Name Type Description Default
hazard_dict dict

Dictionary mapping return periods to hazard raster paths.

required
**kwargs

asset_type (str, optional): Infrastructure class to evaluate. multi_curves (dict, optional): Mapping of asset types to curve sets.

{}

Returns:

Type Description

pd.DataFrame | None: A GeoDataFrame with risk values for each asset, or None if no results.


Vector-based Specific Functions

VectorExposure(hazard_file, feature_file, asset_type='roads', object_col='object_type', disable_progress=False)

Load and overlay vector or raster hazard with vector exposure data.

Parameters:

Name Type Description Default
hazard_file Path | Dataset | DatasetReader

Hazard input.

required
feature_file Path | GeoDataFrame | DataFrame

Exposure input.

required
asset_type str

Infrastructure category (only for OSM).

'roads'
object_col str

Name of the object type column.

'object_type'
disable_progress bool

Whether to suppress progress bars.

False

Returns:

Name Type Description
tuple

(features, object_col, hazard_crs, cell_area_m2)

VectorScanner(hazard_file, feature_file, curve_path, maxdam_path, asset_type='roads', multi_curves=dict(), object_col='object_type', disable_progress=False, **kwargs)

Perform vector-based direct damage assessment using hazard and exposure layers.

Parameters:

Name Type Description Default
hazard_file Path | Dataset | GeoDataFrame

Hazard input.

required
feature_file Path | GeoDataFrame

Exposure input.

required
curve_path Path | DataFrame

Vulnerability curve(s).

required
maxdam_path Path | DataFrame | dict

Maximum damage values.

required
asset_type str

Infrastructure class (only for OSM).

'roads'
multi_curves dict

Multiple curve sets.

dict()
object_col str

Column name with object type.

'object_type'
disable_progress bool

Whether to suppress progress bars.

False

Returns:

Type Description

gpd.GeoDataFrame: Exposure data with calculated damages.

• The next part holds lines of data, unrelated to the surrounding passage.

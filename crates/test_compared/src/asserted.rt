//! Assertions as calls. If an assertion with a message is written out in a function, the proof of that function
//! includes the formatting of the message, and takes many times as long.
ghost use Rattle.std.specs.Prelude.{IsTrue};

use std::fmt::{Debug, Display};
use std::process::Abort;

/// Both values are equal. The note says where this is asserted.
pub fn assert_same<T: PartialEq + Debug + Copy, N: Display + Drop>(
    rt: &impl Abort,
    found: T,
    wanted: T,
    note: N,
) {
    assert_eq!(rt; found, wanted, "{note}");
}

/// The condition holds. The note says where this is asserted.
pub fn assert_holds<N: Display + Drop>(rt: &impl Abort, holds: bool, note: N)
    ensures { IsTrue holds }
{
    assert!(rt; holds, "{note}");
}
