//! The offset that a table proposes, found plainly, byte by byte, and prefilters compared with it.
ghost use Rattle.std.specs.Prelude.{◌≡◌};
ghost use Rattle.literal_base.specs.Occurs.{IsValidSpan};
ghost use Rattle.literal_prefilters.specs.Table.{proposed_place};

use literal_prefilters::Span;
use literal_prefilters::prefilter::ByteTable;

/// The first offset of the span whose byte is in the table, minus this byte's distance, but at least the span's start.
pub fn step_plainly(table: &ByteTable, haystack: &[u8], span: Span) -> Option<usize>
    requires { IsValidSpan haystack.now span }
    ensures { result ≡ proposed_place table.now haystack.now span }
{
    for place in span.start..span.end {
        if let Some(distance) = table.distance(haystack[place]) {
            return Some(place.saturating_sub(distance as usize).max(span.start));
        }
    }
    None
}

Raster-based Specific Functions

match_and_load_rasters(raster_in1, raster_in2)

Match and clip two raster files to their common spatial extent and resolution.

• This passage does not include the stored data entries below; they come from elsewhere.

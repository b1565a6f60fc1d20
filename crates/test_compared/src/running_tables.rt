//! The tables that a builder keeps: after each pattern they are those of all patterns so far. Rows of data say which
//! prefilter is built.
use literal_prefilters::packed::pattern::Patterns;
use literal_prefilters::prefilter::{Builder, ByteTable, Prefilter};
use literal_prefilters::{MatchKind, Span};
use std::alloc::Global;
use std::process::Abort;
use std::test::Fail;

/// 256 bytes, one more than a rare table has room for.
const LONG: &[u8] = &[b'x'; 256];

/// Whether case is ignored, and the patterns in the order in which they are added.
static LISTS: [(bool, &[&[u8]]); 16] = [
    (false, &[b"Sherlock", b"lockjaw"]),
    (false, &[b"lockjaw", b"Sherlock"]),
    (false, &[b"Sherlock", b"Sherlock"]),
    (true, &[b"Sherlock", b"lockjaw"]),
    (false, &[b"apple", b"maple", b"Snapple"]),
    (false, &[b"foo", b"bar"]),
    (true, &[b"foo"]),
    (false, &[b"ax", b"by", b"cz"]),
    (true, &[b"sherlock"]),
    (false, &[b"a", b"b", b"c", b"d", b"a", b"bd"]),
    (false, &[b"aQ", b"bQ", b"cQ", b"dQ", b"eQZ", b"fK"]),
    (false, &[b"eQ", b"eZ", b"eK", b"eX", b"eeeQ"]),
    (false, &[b"Q", LONG, b"Q", b"Qx"]),
    (true, &[b"Q", LONG, b"Q"]),
    (false, &[b"\xC0e", b"a", b"b", b"Q"]),
    (false, &[b"a", b"b", b"\xC0", b"", b"a"]),
];

/// The prefilter has just these bytes and distances: each byte is put after 254 others that are in no table.
fn goes_by(pre: &Prefilter, table: &ByteTable) -> bool {
    let mut haystack = [0xF5; 255];
    for byte in 0..=255u8 {
        haystack[254] = byte;
        let wanted = match table.distance(byte) {
            Some(distance) => Some(254 - distance as usize),
            None => None,
        };
        let found = pre.find_in(&haystack, Span { start: 0, end: 255 });
        if found.into_option() != wanted {
            return false;
        }
    }
    true
}

/// The table of a prefilter, of those that are made from scratch.
fn picked(patterns: &Patterns, ignore_case: bool) -> Option<ByteTable> {
    let start = ByteTable::start(patterns, ignore_case);
    let rare = ByteTable::rare(patterns, ignore_case);
    match (start, rare) {
        (Some(start), Some(rare)) => {
            let is_start = start.count() < rare.count() || start.rank_sum() <= rare.rank_sum() + 50;
            Some(if is_start { start } else { rare })
        }
        (Some(start), None) => Some(start),
        (None, rare) => rare,
    }
}

/// The prefilter has the table that is made from scratch, if it has a table.
fn assert_table(
    rt: &impl Abort,
    built: &Option<Prefilter>,
    patterns: &Patterns,
    ignore_case: bool,
) {
    if patterns.len() == 1 && !ignore_case {
        return;
    }
    let same = match (built, picked(patterns, ignore_case)) {
        (Some(pre), Some(table)) => goes_by(pre, &table),
        (None, None) => true,
        _ => false,
    };
    assert!(rt; same);
}

/// Adds a pattern to the list too. An empty pattern empties the list for good.
fn follow(patterns: &mut Patterns, bytes: &[u8], is_disabled: bool) -> Result<(), Fail> {
    if bytes.is_empty() || is_disabled || patterns.len() > 9 {
        patterns.reset();
        return Ok(());
    }
    Ok(patterns.add(bytes)?)
}

/// After each pattern the prefilter has the tables of all patterns so far.
fn assert_list(
    rt: &impl Abort,
    alloc: Global,
    ignore_case: bool,
    list: &[&[u8]],
) -> Result<(), Fail> {
    let mut builder = Builder::new(alloc, MatchKind::Standard).ascii_case_insensitive(ignore_case);
    let mut patterns = Patterns::new(alloc);
    let mut is_disabled = false;
    for bytes in list {
        builder.add(bytes)?;
        is_disabled = is_disabled || bytes.is_empty();
        follow(&mut patterns, bytes, is_disabled)?;
        assert_table(rt, &builder.build()?, &patterns, ignore_case);
    }
    Ok(())
}

/// A pattern of 255 bytes has a rare table, and one of 256 bytes none.
fn assert_long_patterns(rt: &impl Abort, alloc: Global) -> Result<(), Fail> {
    let mut long = [b'e'; 256];
    long[0] = 0xC0;
    long[254] = b'Q';
    assert_list(rt, alloc, false, &[&long[..255], b"\xC0Q", &long, b"\xC0Q"])
}

/// Adds a pattern of three bytes to the builder and to the list, and compares.
fn add_to_both(
    rt: &impl Abort,
    builder: &mut Builder,
    patterns: &mut Patterns,
    bytes: &[u8; 3],
) -> Result<(), Fail> {
    if patterns.len() >= 129 {
        return Err("no more patterns are meant".into());
    }
    builder.add(bytes)?;
    patterns.add(bytes)?;
    assert_table(rt, &builder.build()?, patterns, false);
    Ok(())
}

/// The patterns `a00` to `a42`, `b00` to `b42` and `c00` to `c42`, one after another.
fn assert_129_patterns(rt: &impl Abort, alloc: Global) -> Result<(), Fail> {
    let mut builder = Builder::new(alloc, MatchKind::Standard);
    let mut patterns = Patterns::new(alloc);
    for number in 0..129u8 {
        let (letter, rest) = (number / 43, number % 43);
        let bytes = [b'a' + letter, b'0' + rest / 10, b'0' + rest % 10];
        add_to_both(rt, &mut builder, &mut patterns, &bytes)?;
    }
    Ok(())
}

#[test]
fn tables_are_kept_up(rt: HostRuntime) -> Result<(), Fail> {
    for (ignore_case, list) in &LISTS {
        assert_list(&rt, rt.alloc(), *ignore_case, list)?;
    }
    assert_long_patterns(&rt, rt.alloc())?;
    assert_129_patterns(&rt, rt.alloc())
}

Code adapted from http://sciience.tumblr.com/post/101722591382/finding-the-georeferenced-intersection-between-two

Parameters:

Name Type Description Default
raster_in1 str or Path

Path to the first raster file.

required
raster_in2 str or Path

Path to the second raster file.

required

Returns:

Name Type Description
tuple
  • np.ndarray: Clipped raster array from the first file.
  • np.ndarray: Clipped raster array from the second file.
  • Affine: Affine transform of the intersecting region.

RasterScanner(exposure_file, hazard_file, curve_path, maxdam_path, lu_crs=28992, haz_crs=4326, hazard_col='FX', dtype=np.int32, save=False, **kwargs)

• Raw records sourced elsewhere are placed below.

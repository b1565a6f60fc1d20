//! The offsets that prefilters propose, compared with those of a plain search.
use crate::asserted::{assert_holds, assert_same};
use crate::made::{SPANS, bytes_of, prefilter};
use crate::plain::leftmost_plainly;
use crate::steps::step_plainly;
use literal_prefilters::packed::pattern::Patterns;
use literal_prefilters::prefilter::{ByteTable, Candidate, Prefilter};
use literal_prefilters::{MatchKind, Span, packed};
use std::alloc::Global;
use std::process::Abort;
use std::test::Fail;

/// Up to three patterns each, whether case is ignored, and whether the start table is tested.
static LISTS: [(&[&[u8]], bool, bool); 12] = [
    (&[b"ab", b"aab"], false, true),
    (&[b"a", b"bb"], false, true),
    (&[b"ba", b"ab"], false, false),
    (&[b"ca", b"bbc"], false, false),
    (&[b"a", b"b", b"c"], false, true),
    (&[b"aKb", b"bbK"], false, false),
    (&[b"bK", b"aaK", b"cK"], false, false),
    (&[b"aaQ", b"bK", b"cbQ"], false, false),
    (&[b"aaQ", b"bK", b"cZ"], false, false),
    (&[b"ab"], true, false),
    (&[b"aK", b"bck"], true, false),
    (&[b"Kab", b"cck", b"K"], true, false),
];

/// Compares in a span: the proposed offset, and that no occurrence begins before it.
fn compare_in(
    pre: &Prefilter,
    table: &ByteTable,
    list: (&[&[u8]], bool),
    haystack: &[u8],
    span: Span,
) -> bool {
    if list.0.len() > 3 || span.start > span.end || span.end > haystack.len() {
        return false;
    }
    let first = packed::MatchKind::LeftmostFirst;
    let found = leftmost_plainly(list.0, first, list.1, haystack, span);
    match (
        pre.find_in(haystack, span),
        step_plainly(table, haystack, span),
    ) {
        (Candidate::None, None) => found.is_none(),
        (Candidate::PossibleStartOfMatch(start), Some(wanted)) => {
            start == wanted && found.is_none_or(|it| start <= it.start())
        }
        _ => false,
    }
}

/// Compares in some spans of all haystacks of five bytes, and returns the number of haystacks.
fn compare(rt: &impl Abort, pre: &Prefilter, table: &ByteTable, list: (&[&[u8]], bool)) -> u32 {
    let mut spans: u32 = 0;
    for number in 0..3125 {
        let haystack = bytes_of(number);
        for (start, end) in SPANS {
            let span = Span { start, end };
            let is_same = compare_in(pre, table, list, &haystack, span);
            let note = format_args!("{list:?}: {haystack:?} in {span:?}");
            assert_holds(rt, is_same, note);
            spans = spans.wrapping_add(1);
        }
    }
    spans
}

/// The table of a list, the start table or the rare one.
fn table_of(
    alloc: Global,
    list: &[&[u8]],
    ignore_case: bool,
    is_start: bool,
) -> Result<ByteTable, Fail> {
    let mut patterns = Patterns::new(alloc);
    for bytes in list {
        if bytes.is_empty() || patterns.len() >= 3 {
            return Err("no such list is meant".into());
        }
        patterns.add(bytes)?;
    }
    let table = if is_start {
        ByteTable::start(&patterns, ignore_case)
    } else {
        ByteTable::rare(&patterns, ignore_case)
    };
    Ok(table.ok_or("there is no table")?)
}

/// Compares for a list of patterns.
fn assert_list(
    rt: &impl Abort,
    alloc: Global,
    (list, ignore_case, is_start): &(&[&[u8]], bool, bool),
) -> Result<(), Fail> {
    let table = table_of(alloc, list, *ignore_case, *is_start)?;
    let pre = prefilter(alloc, MatchKind::Standard, *ignore_case, list)?;
    let cases = compare(rt, &pre, &table, (list, *ignore_case));
    assert_same(rt, cases, 15625, format_args!("{list:?}"));
    Ok(())
}

/// Compares for all lists.
pub fn assert_lists(rt: &impl Abort, alloc: Global) -> Result<(), Fail> {
    for list in &LISTS {
        assert_list(rt, alloc, list)?;
    }
    Ok(())
}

Run a raster-based direct damage assessment using hazard and exposure layers.

Parameters:

Name Type Description Default
exposure_file Path | ndarray

Path to land-use GeoTIFF or numpy array.

required
hazard_file Path | ndarray | Dataset

Path to hazard raster or dataset.

required
curve_path Path | DataFrame | ndarray

Vulnerability curve(s).

required
maxdam_path Path | DataFrame | ndarray

Maximum damage values.

required
lu_crs int

CRS of the land-use file (default EPSG:28992).

28992
haz_crs int

CRS of the hazard file (default EPSG:4326).

4326
hazard_col str

Column containing hazard intensity (default "FX").

'FX'
dtype type

Output dtype for damage raster.

int32
save bool

If True, saves damage results to file.

False

Other Parameters:

Name Type Description
nan_value float

Replace this value in the hazard raster with 0.

cellsize float

Cell size (m²) if exposure and hazard are arrays.

resolution float

Resolution in target projection (used for reprojection).

output_path str or Path

Output directory for saving results.

scenario_name str

Scenario name used for filenames.

in_millions bool

Convert results to millions.

crs CRS

CRS for saving output raster (optional).

transform Affine

Affine transform for saving raster (optional).

Raises:

Type Description
ValueError

If cell size is not provided when required.

ValueError

If vulnerability or max damage file has invalid structure.

Returns:

Name Type Description
tuple
  • pd.DataFrame: Damage per land-use category.
  • np.ndarray: Damage map (grid with estimated damages).
  • np.ndarray: Reprojected land-use map.
  • np.ndarray: Reprojected hazard map.